If I were asked to describe how I feel right now, the answer would be “I feel like shit”. The first day was rough, but that was nothing compared to day 3. I’m surviving, and still not smoking; just hoping that it gets better. I hear it does after about a week, so I’m staying rather optimistic.
For those of you unaware of my journey to quit smoking, I started taking Chantix several weeks ago. The initial side effects were absolutely brutal, but slowly wore off to minimal over time. At that point, I decided to select a quit date, which placed my last cigarette on last Friday.
Old habits die hard
Several tasks have begun to feel a bit odd, such as sitting at my desk (which is a solid 80% of my waking hours). All day, I find myself trying to concentrate and work out a complex issue, then immediately reaching for a cigarette. I find it quite intriguing that my mind instantly goes to lighting up a smoke when faced with a difficult task.

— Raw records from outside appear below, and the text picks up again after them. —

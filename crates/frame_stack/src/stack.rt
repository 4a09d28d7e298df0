//! Frames, one above the other: the one on top runs, and each other one waits for the answer of the one above it.

ghost use Rattle.std.specs.Prelude.{◌≡◌, ℕ, ◌+◌, ◌≤◌, ◌<◌, ◌↔◌, [], ◌∷◌, ◌++◌, true, false, IsTrue, length, IfOk, OnOk, OnErr, IfErr};
ghost use Rattle.std.specs.Option.{option_copied};
ghost use Rattle.os_meaning.specs.Accounts.{given};
ghost use Rattle.os_machine.specs.Runs.{running, awaited, is_waiting, is_need, Sees, CountsEvent, places};
ghost use Rattle.frame_stack.specs.Stacks.{with_machine, IsPushed, IsSame, IsReady, IsAsked, AreCallers, callers, StandsAfter, Popped, most_callers, declarer_of, called_on_of, all_places};
ghost use Rattle.frame_stack.specs.declared.stack.PushError.TheVariants.{Full as IsFull, NoMemory as LacksMemory};

use crate::frame::RunningFrame;
use obj_kinds::{ClassName, NoMemory};
use os_kinds::{Answer, Event};
use std::alloc::Global;
use std::mem;

/// The most frames that wait below another one: 64 in all.
const MOST_CALLERS: usize = 63;

/// Why a frame isn't put on top.
#[derive(Clone, Copy, Debug, PartialEq, Eq)]
pub enum PushError {
    /// There are 64 frames.
    Full,
    NoMemory,
}

/// The frames of a process. There is always one on top.
#[derive(Drop)]
pub struct Stack<'a> {
    top: RunningFrame<'a>,
    /// Those below it, the script's first.
    below: Vec<RunningFrame<'a>>,
}

impl<'a> Stack<'a> {
    /// One frame alone. It takes no memory yet.
    pub fn new(alloc: Global, frame: RunningFrame<'a>) -> Stack<'a>
        ensures top { result.top ≡ frame.entry }
        ensures alone { callers result ≡ [] }
    {
        Stack {
            top: frame,
            below: Vec::new(alloc),
        }
    }

    /// The class that declares the method of the frame on top.
    pub fn declarer(&self) -> Option<&'a ClassName>
        ensures { option_copied result ≡ declarer_of self.now.top }
    {
        self.top.declarer
    }

    /// The class on which the method of the frame on top was called.
    pub fn called_on(&self) -> Option<&'a ClassName>
        ensures { option_copied result ≡ called_on_of self.now.top }
    {
        self.top.called_on
    }

    /// Whether there are 64 frames.
    pub fn is_full(&self) -> bool
        ensures { IsTrue result ↔ (most_callers ≤ length (callers self.now)) }
    {
        self.below.len() >= MOST_CALLERS
    }

    /// The frame on top runs up to its next event, as `Machine::go` does. For want of memory all that was left is left.
    #[tactic(auto, using(crate::proofs::Standing::stands, crate::proofs::Standing::fewer, crate::proofs::Standing::still_ready, crate::proofs::Standing::counts))]
    pub fn go(&mut self, units: &mut u32) -> Result<Event, NoMemory>
        requires ready { IsReady self.old }
        ensures sees { IfOk result (λ e. Sees e units.old units.new (running self.old.top.machine) self.new.top.machine) }
        ensures stands { IfOk result (λ e. StandsAfter e self.new) }
        ensures fewer { units.new ≤ units.old }
        ensures orefs { IfOk result (λ e. (o : ℕ) → CountsEvent e o (all_places o self.old) (all_places o self.new)) }
        ensures others { self.new ≡ with_machine self.new.top.machine self.old }
        ensures units { OnErr result (units.new ≡ units.old) }
        ensures same { OnErr result ((n : ℕ) → running self.new.top.machine n ≡ running self.old.top.machine n) }
        ensures ready { OnErr result (IsReady self.new) }
        ensures kept { OnErr result ((o : ℕ) → all_places o self.new ≡ all_places o self.old) }
    {
        self.top.machine.go(units)
    }

    /// Gives the frame on top the answer to what it asked. For want of memory nothing is changed.
    #[tactic(auto, using(crate::proofs::Standing::answered_ready))]
    pub fn give(&mut self, answer: Answer) -> Result<(), NoMemory>
        requires asked { IsAsked self.old }
        ensures goes_on { OnOk result ((n : ℕ) → running self.new.top.machine n ≡ awaited self.old.top.machine answer n) }
        ensures ready { OnOk result (IsReady self.new) }
        ensures orefs { OnOk result ((o : ℕ) → all_places o self.new ≡ all_places o self.old + given o answer) }
        ensures others { OnOk result (self.new ≡ with_machine self.new.top.machine self.old) }
        ensures err { OnErr result (self.new ≡ self.old) }
    {
        self.top.machine.give(answer)
    }

    /// Puts a frame on top of the one that asked for it. It refuses to be the 65th, and for want of memory; the frames are as
    /// before then.
    pub fn push(&mut self, frame: RunningFrame<'a>) -> Result<(), PushError>
        ensures ok { OnOk result (IsPushed frame.entry self.old self.new) }
        ensures room { OnOk result (length (callers self.old) < most_callers) }
        ensures err { OnErr result (IsSame self.old self.new) }
        ensures full { IfErr result (λ e. e ≡ IsFull → most_callers ≤ length (callers self.old)) }
        ensures lack { IfErr result (λ e. e ≡ LacksMemory → length (callers self.old) < most_callers) }
    {
        if self.is_full() {
            return Err(PushError::Full);
        }
        let caller = mem::replace(&mut self.top, frame);
        match self.below.push(caller) {
            Ok(()) => Ok(()),
            Err(failed) => {
                self.top = failed.value;
                Err(PushError::NoMemory)
            }
        }
    }

    /// Takes the frame on top away, so that the one below it is on top, and answers whether there was one below.
    pub fn pop(&mut self) -> bool
        ensures { Popped result self.old self.new }
    {
        match self.below.pop() {
            Some(caller) => {
                self.top = caller;
                true
            }
            None => false,
        }
    }
}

With that said, concentration has become increasingly difficult. My brain appears to be all over the place, even with the regular doses of Adderall. Sometimes I’ll find myself staring blankly at my screen, completely losing my train of thought. I’ve become aware now that cigarette have become my number one productivity tool. Without them, my productivity has completely tanked.
Anger and irritability
Those who know me, see me as very laid back. Usually, I’m not outwardly bothered by much and simply make changes when I feel the need. I can be very particular, about things on an emotional level (thanks, OCD), but I can usually keep it under control when I need to. I speak up when necessary, but never without meaningful purpose.
While I’m quite adamant about keeping my composure, it hasn’t been an easy task over the past 3 days. I find myself becoming filled with helplessness. Because of my need to control my surroundings, this has caused me to lash out in an effort to regain control. This has resulted in an overcompensation and self-imposed solidarity. It’s easier to control my surroundings when I eliminate outside influences.
I’m keeping optimistic that this is temporary. My OCD is manageable right now, but I’m definitely noticing an increase. My wife does a wonderful job with keeping my triggers at bay, and I don’t want to push her patience with it. If this continues on the same path for too long, I’ll be struggling.
Sleep is rare and sporadic
I haven’t been sleeping well in the slightest. The first night, I didn’t sleep at all. Subsequent nights have consisted of laying in bed for hours, then tossing and turning throughout the night. I’m accustomed to not sleeping much, but this is a completely different level.
About halfway through my day, I’ll begin feeling a bit sick. I’m thinking that the cause of this is because I’m not eating much either. Thankfully, I’m forcing myself to eat on occasion to keep me alive, but that’s about it. Accompanying the sick feeling, comes a wave of hopelessness in which will usually cause me to take a short nap.
Lucky for me, I have the flexible schedule to deal with things like this, but it’s getting annoying.
Finally getting back in shape
When deciding to quit smoking, I realized that I needed something to replace those urges. When I was younger, I had a weight bench in my bedroom that I would work out on regularly. I figured maybe that’s the direction I should go with this.
I dusted off the dumbbells that have been sitting around the house and moved them upstairs to my office space. When wanting to smoke, I’m trying to direct that effort into lifting weights. My arms may be sore as hell, but at least it’s a far more healthy habit.
I’m considering the idea of going running as well. I used to be able to run for ludicrous amounts of time when I was a teenager, so hopefully that’ll come back. If I didn’t live in an apartment, I’d be playing basketball throughout the day. Maybe I can figure something out with that.
On Friday night, I channeled my anxiety about quitting into writing a bit of code to track my progress. Within this, I also created a method for individuals to reach out to me with words of encouragement via Twitter. You can find that page here or the source on the GitHub repo.
Since creating the page, I’ve gotten overwhelming amounts of encouragement. Without it, I’m not sure if I would be 3 days in. You guys are awesome and I couldn’t thank you enough for your support.
Quitting smoking is a pain in the ass. It sucks. I suppose the best solution is to just not start to begin with, but I’m not that smart. After smoking for about 13 years or so, it feels like I’m losing a part of me. Smoking was a bad part of me, but a part of me nonetheless.